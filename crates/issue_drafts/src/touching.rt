//! The URIs that an edition puts or withdraws.

ghost use Rattle.std.specs.Prelude.{◌≡◌, ◌++◌, List, map, IsPermutation, IfOk, OnOk};
ghost use Rattle.issue_drafts.specs.IssueInput.{input_of};
ghost use Rattle.issue_drafts.specs.Drafts.{Draft as Put};
ghost use Rattle.issue_drafts.specs.Views.{draft_of, manifest_of};

use crate::draft::{Draft, ManifestDraft};
use crate::issue_parts::IssueParts;
use pub_set::Uri;
use std::alloc::{AllocError, Global};
use std::marker::Model;

/// The URIs that an edition puts or withdraws, found in logarithmic time.
///
/// Contracts see the list of them, by rising URI.
#[derive(Debug, Drop)]
pub struct Touched {
    uris: Vec<Uri>,
}

impl Model for Touched {
    ghost use Rattle.std.specs.Prelude.{ℕ, List};

    ghost Value = { List (List ℕ) };

    ghost use Rattle.issue_drafts.specs.Touching.{AreByUri};

    ghost view = { λ touched. touched.uris.items };

    ghost invariant = { λ touched. AreByUri touched.uris.items };
}

/// Appends the URIs of objects that are put.
fn push_drafts(alloc: Global, uris: &mut Vec<Uri>, drafts: &[Draft<'_>]) -> Result<(), AllocError>
    ensures { OnOk result (uris.new.items ≡ uris.old.items ++ map (λ d. d.uri) (map draft_of drafts.now)) }
{
    for draft in drafts {
        uris.push(draft.uri.copy(alloc)?)?;
    }
    Ok(())
}

/// Appends the URIs of manifests that are put.
fn push_manifests(
    alloc: Global,
    uris: &mut Vec<Uri>,
    manifests: &[ManifestDraft<'_>],
) -> Result<(), AllocError>
    ensures { OnOk result (uris.new.items ≡ uris.old.items ++ map (λ d. d.uri) (map manifest_of manifests.now)) }
{
    for manifest in manifests {
        uris.push(manifest.uri.copy(alloc)?)?;
    }
    Ok(())
}

/// Appends URIs.
fn push_uris(alloc: Global, uris: &mut Vec<Uri>, more: &[Uri]) -> Result<(), AllocError>
    ensures { OnOk result (uris.new.items ≡ uris.old.items ++ more.now) }
{
    for uri in more {
        uris.push(uri.copy(alloc)?)?;
    }
    Ok(())
}

impl Touched {
    ghost use Rattle.std.specs.Prelude.{◌≡◌, ℕ, List, ◌++◌, map, IsPermutation, IfOk};
    ghost use Rattle.issue_drafts.specs.IssueInput.{input_of};
    ghost use Rattle.issue_drafts.specs.Drafts.{Draft as Put};
    ghost use Rattle.issue_drafts.specs.Views.{draft_of, manifest_of};
    ghost use Rattle.issue_drafts.specs.Touching.{AreByUri, AreTouched, has_uri};

    /// Those of an edition that puts these objects.
    pub fn new(
        alloc: Global,
        at: &IssueParts<'_>,
        drafts: &[Draft<'_>],
        manifests: &[ManifestDraft<'_>],
    ) -> Result<Touched, AllocError>
        ensures { IfOk result (λ touched. (puts : List Put)
            → IsPermutation (map draft_of drafts.now ++ map manifest_of manifests.now) puts
            → AreTouched (input_of at.now) puts touched) }
    {
        let mut uris = Vec::with_capacity(alloc, drafts.len())?;
        push_drafts(alloc, &mut uris, drafts)?;
        push_manifests(alloc, &mut uris, manifests)?;
        push_uris(alloc, &mut uris, at.work.withdrawn.as_slice())?;
        uris.sort_by(|a, b| a.as_str().cmp(b.as_str()))?;
        Ok(Touched { uris })
    }

    /// The URIs themselves.
    pub fn uris(&self) -> &[Uri]
        ensures are { result.now ≡ self.now }
        ensures rising { AreByUri result.now }
    {
        &self.uris
    }

    /// Whether a URI is one of them.
    pub fn has(&self, uri: &str) -> bool
        ensures { result ≡ has_uri uri.now self.now }
    {
        self.uris
            .binary_search_by(|other| other.as_str().cmp(uri))
            .is_ok()
    }
}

▬▬▬▬▬▬▬▬▬▬

Give the count of lines in the listing that contain the word "objects". No explanation is wanted.

RESPONSE - 2